Non-isothermal crystallization of aqueous nanofluids with high aspect-ratio carbon nano-additives for cold thermal energy storage

Abstract

Non-isothermal crystallization of aqueous nanofluids in the presence of two types of high aspect-ratio carbon nano-additives, i.e., carbon nanotubes (CNTs) and graphene nanoplatelets (GNPs), was characterized by means of differential scanning calorimetry (DSC). A parametric investigation was performed on various concentrations of the nanofluids as well as various cooling rates during the DSC tests. In addition to the supercooling degree and latent heat of crystallization, the crystallization kinetics was also analyzed by both the Ozawa method and a modified Ozawa-based method. It was shown that dilute loading of CNTs or GNPs leads to reduction of the supercooling degree up to 5°C due to the nucleating effect.
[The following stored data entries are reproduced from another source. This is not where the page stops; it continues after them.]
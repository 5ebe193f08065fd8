// A segment with what of it is named and when its files came.
ghost use Rattle.std.specs.Prelude.{◌≡◌, ◌+◌, ◌-◌, ◌^◌, ◌<◌, ℕ, cond, Option, false, [], OnOk, OnErr, IfOk, IfSome, length, is_some, option_copied};
ghost use Rattle.std.specs.List.{list_any, sum_by};
ghost use Rattle.column_file.specs.declared.file.ColumnFile.{ColumnFile};
ghost use Rattle.delta_layer.specs.Files.{is_mem, is_tiny};
ghost use Rattle.segment_list.specs.Flushes.{IsFlushOf, flushed_files, flushed_slot};
ghost use Rattle.segment_list.specs.Slots.{Slotted, absorbed, file_rows, key_of, mem_rows, pushed, pushed_some, rows_below};

use crate::Memory;
use crate::clip::{added_in, adds_to, cleared_in, file_rows, mem_rows};
use crate::flush::{Flush, is_mem};
use column_block::Block;
use column_file::ColumnFile;
use delta_layer::{DeltaLayer, SegmentView};
use flash_io::FileId;
use flash_types::{Handle, HandleRange, SegId};
use segment::Segment;
use stable_file::StableFile;
use std::alloc::Global;
use std::marker::Model;

/// A segment of a replica, the number of its stable file, how many files of its delta the manifest
/// names, and for each file behind these how many entries were applied when it came, its tag.
/// Beside them it keeps how many rows its files have.
#[derive(Drop)]
pub struct Slot<G> {
    segment: Segment<G>,
    stable_number: Option<FileId>,
    named: usize,
    tags: Vec<u64>,
    mem: u64,
    delta: u64,
    below: u64,
}

impl<G> Model for Slot<G> {
    ghost use Rattle.segment_list.specs.Slots.{Slotted, AreCounts};

    ghost Value = { Slotted G };

    ghost view = { λ s. record { id = s.segment.seg; range = s.segment.range; epoch = s.segment.epoch; files = s.segment.layer; stable = s.segment.stable; stable_number = s.stable_number; named = s.named; tags = s.tags.items } };

    ghost invariant = { λ s. AreCounts s.segment.range s.segment.layer s.segment.stable s.mem s.delta s.below };
}

// A sum; none where it is too large.
fn sum(a: u64, b: u64) -> Option<u64>
    ensures { IfSome result (λ sum. sum ≡ a + b) }
{
    a.checked_add(b)
}

// How many rows the files have, in memory alone and in all; none where that many can't be counted.
fn rows_in(layer: &DeltaLayer) -> Option<(u64, u64)>
    ensures { IfSome result (λ rows. (rows.0 ≡ sum_by mem_rows layer.now) × (rows.1 ≡ sum_by file_rows layer.now)) }
{
    let mut mem: u64 = 0;
    let mut delta: u64 = 0;
    for i in 0..layer.files() {
        let file = layer.file(i);
        mem = sum(mem, mem_rows(file))?;
        delta = sum(delta, file_rows(file))?;
    }
    Some((mem, delta))
}

// How many versions of a stable part lie in packs that meet the range.
fn rows_below<G: Drop>(range: HandleRange, stable: Option<&StableFile<G>>) -> u64
    ensures { result ≡ rows_below range (option_copied stable.entry) }
{
    match stable {
        None => 0,
        Some(file) => file.versions_in(range),
    }
}

// Whether a layer has a block in memory.
fn has_mem(layer: &DeltaLayer) -> bool
    ensures { result ≡ list_any is_mem layer.now }
{
    for i in 0..layer.files() {
        if is_mem(layer.file(i)) {
            return true;
        }
    }
    false
}

// Puts a flush of a segment's delta.
fn renew<G: Drop>(segment: &mut Segment<G>, flush: Flush)
    requires planned { IsFlushOf segment.old.layer flush }
    requires room { segment.old.epoch < 2 ^ 64 - 1 }
    ensures { segment.new ≡ record segment.old { epoch = cond (list_any is_mem segment.old.layer) (segment.old.epoch + 1) segment.old.epoch; layer = flushed_files flush.from segment.old.layer } }
{
    if !has_mem(segment.layer()) {
        return;
    }
    segment.renew(flush.layer);
}

impl<G: Drop> Slot<G> {
    /// A slot of these parts. `Memory` comes where its rows can't be counted.
    pub fn of_parts(
        segment: Segment<G>,
        stable_number: Option<FileId>,
        named: usize,
        tags: Vec<u64>,
    ) -> Result<Slot<G>, Memory>
        ensures { IfOk result (λ slot. slot ≡ record { id = segment.seg; range = segment.range; epoch = segment.epoch; files = segment.layer; stable = segment.stable; stable_number = stable_number; named = named; tags = tags.items }) }
    {
        let Some((mem, delta)) = rows_in(segment.layer()) else {
            return Err(Memory);
        };
        let below = rows_below(segment.range(), segment.stable());
        Ok(Slot {
            segment,
            stable_number,
            named,
            tags,
            mem,
            delta,
            below,
        })
    }

    /// A segment as an opening finds it: each of its files is named. `Memory` comes where its rows
    /// can't be counted.
    pub fn opened(
        segment: Segment<G>,
        stable_number: Option<FileId>,
        alloc: Global,
    ) -> Result<Slot<G>, Memory>
        ensures { IfOk result (λ slot. slot ≡ record { id = segment.seg; range = segment.range; epoch = segment.epoch; files = segment.layer; stable = segment.stable; stable_number = stable_number; named = length segment.layer; tags = [] }) }
    {
        let named = segment.layer().files();
        Slot::of_parts(segment, stable_number, named, Vec::new(alloc))
    }

    /// The segment.
    pub fn segment(&self) -> &Segment<G>
        ensures { result.now ≡ record { seg = self.now.id; range = self.now.range; epoch = self.now.epoch; layer = self.now.files; stable = self.now.stable } }
    {
        &self.segment
    }

    /// The segment's number.
    pub fn id(&self) -> SegId
        ensures { result ≡ self.now.id }
    {
        self.segment.id()
    }

    /// Its handles.
    pub fn range(&self) -> HandleRange
        ensures { result ≡ self.now.range }
    {
        self.segment.range()
    }

    /// The least of them.
    pub fn low(&self) -> Handle
        ensures { result ≡ self.now.range.low }
    {
        self.segment.range().low
    }

    /// How often its stable part or its delta was replaced.
    pub fn epoch(&self) -> u64
        ensures { result ≡ self.now.epoch }
    {
        self.segment.epoch()
    }

    /// The files of its delta.
    pub fn layer(&self) -> &DeltaLayer
        ensures { result.now ≡ self.now.files }
    {
        self.segment.layer()
    }

    /// Its stable part, if it has one.
    pub fn stable(&self) -> Option<&StableFile<G>>
        ensures { option_copied result ≡ self.now.stable }
    {
        self.segment.stable()
    }

    /// The number of the stable part's file.
    pub fn stable_number(&self) -> Option<FileId>
        ensures { result ≡ self.now.stable_number }
    {
        self.stable_number
    }

    /// How many files of its delta the manifest names.
    pub fn named(&self) -> usize
        ensures { result ≡ self.now.named }
    {
        self.named
    }

    /// For each of the others how many entries were applied when it came.
    pub fn tags(&self) -> &[u64]
        ensures { result.now ≡ self.now.tags }
    {
        self.tags.as_slice()
    }

    /// How many rows its delta has in memory alone.
    pub fn mem_rows(&self) -> u64
        ensures { result ≡ sum_by mem_rows self.now.files }
    {
        self.mem
    }

    /// How many rows its delta has.
    pub fn delta_rows(&self) -> u64
        ensures { result ≡ sum_by file_rows self.now.files }
    {
        self.delta
    }

    /// How many versions its stable part has in packs that meet its range.
    pub fn stable_rows(&self) -> u64
        ensures { result ≡ rows_below self.now.range self.now.stable }
    {
        self.below
    }

    /// The segment as it is now. No later change of the slot changes the view.
    pub fn view(&self) -> Result<SegmentView<G>, Memory>
        ensures { IfOk result (λ view. view ≡ record { seg = self.now.id; range = self.now.range; epoch = self.now.epoch; delta = self.now.files; stable = self.now.stable }) }
    {
        match self.segment.view() {
            Ok(view) => Ok(view),
            Err(_) => Err(Memory),
        }
    }

    // Adds a file behind the others, with its tag. After `Err` the slot is as before.
    fn push(&mut self, file: ColumnFile, tag: u64) -> Result<(), Memory>
        requires { is_tiny file ≡ false }
        ensures ok { OnOk result (self.new ≡ pushed tag file self.old) }
        ensures err { OnErr result (self.new ≡ self.old) }
    {
        let Some(mem) = self.mem.checked_add(mem_rows(&file)) else {
            return Err(Memory);
        };
        let Some(delta) = self.delta.checked_add(file_rows(&file)) else {
            return Err(Memory);
        };
        if self.tags.reserve(1).is_err() {
            return Err(Memory);
        }
        let Ok(()) = self.segment.absorb(file) else {
            return Err(Memory);
        };
        self.tags.push_reserved(tag);
        self.mem = mem;
        self.delta = delta;
        Ok(())
    }

    // Takes the last file off, with its tag. It takes no memory.
    fn pop(&mut self)
        ensures key { key_of self.new ≡ key_of self.old }
        ensures back { (before : Slotted G) (tag : ℕ) (file : ColumnFile) → self.old ≡ pushed tag file before → self.new ≡ before }
    {
        let Some(last) = self.segment.take_back() else {
            return;
        };
        self.mem -= mem_rows(&last);
        self.delta -= file_rows(&last);
        self.tags.pop();
    }

    // Adds a file where there is one.
    fn push_some(&mut self, file: Option<ColumnFile>, tag: u64) -> Result<(), Memory>
        requires { IfSome file (λ f. is_tiny f ≡ false) }
        ensures ok { OnOk result (self.new ≡ pushed_some tag file self.old) }
        ensures err { OnErr result (self.new ≡ self.old) }
    {
        match file {
            None => Ok(()),
            Some(file) => self.push(file, tag),
        }
    }

    // Takes the last file off where one was added.
    fn pop_some(&mut self, was_added: bool)
        ensures key { key_of self.new ≡ key_of self.old }
        ensures back { (before : Slotted G) (tag : ℕ) (file : Option ColumnFile) → was_added ≡ is_some file → self.old ≡ pushed_some tag file before → self.new ≡ before }
    {
        if was_added {
            self.pop();
        }
    }

    /// Adds what an entry says of the segment's handles. After `Err` the slot is as before.
    pub fn absorb(
        &mut self,
        clears: Option<HandleRange>,
        adds: &Block,
        tag: u64,
    ) -> Result<(), Memory>
        ensures ok { OnOk result (self.new ≡ absorbed tag clears adds.now self.old) }
        ensures err { OnErr result (self.new ≡ self.old) }
    {
        let range = self.range();
        let block = added_in(range, adds)?;
        let first = cleared_in(range, clears);
        let was_added = first.is_some();
        self.push_some(first, tag)?;
        if self.push_some(block, tag).is_err() {
            self.pop_some(was_added);
            return Err(Memory);
        }
        Ok(())
    }

    /// Takes off again what an entry added. It takes no memory.
    pub fn take_back(&mut self, clears: Option<HandleRange>, adds: &Block)
        ensures key { key_of self.new ≡ key_of self.old }
        ensures back { (before : Slotted G) (tag : ℕ) → self.old ≡ absorbed tag clears adds.now before → self.new ≡ before }
    {
        let range = self.range();
        self.pop_some(adds_to(range, adds));
        self.pop_some(cleared_in(range, clears).is_some());
    }

    /// Puts a flush of its delta, all of which is named then. The epoch rises by 1 where the delta
    /// had a block in memory. It takes no memory.
    pub fn put_flush(&mut self, flush: Flush)
        requires planned { IsFlushOf self.old.files flush }
        requires room { self.old.epoch < 2 ^ 64 - 1 }
        ensures { self.new ≡ flushed_slot flush.from self.old }
    {
        let named = self.segment.layer().files();
        renew(&mut self.segment, flush);
        self.named = named;
        self.tags.truncate(0);
        self.mem = 0;
    }
}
The planarly-shaped GNPs featuring large contact area perform better than CNTs in facilitating heterogeneous nucleation, which greatly suppress crystal growth during the late phase of non-isothermal crystallization. In contrast to the case of GNPs, CNTs may be able to accelerate crystallization up to nearly 37% at relatively dilute loadings, especially when the cooling rate is low. The CNT-based aqueous nanofluids exhibit more balanced performance in supercooling degree, latent heat of crystallization, and crystallization kinetics, which may be utilized as an emerging candidate of phase change materials for cold thermal energy storage.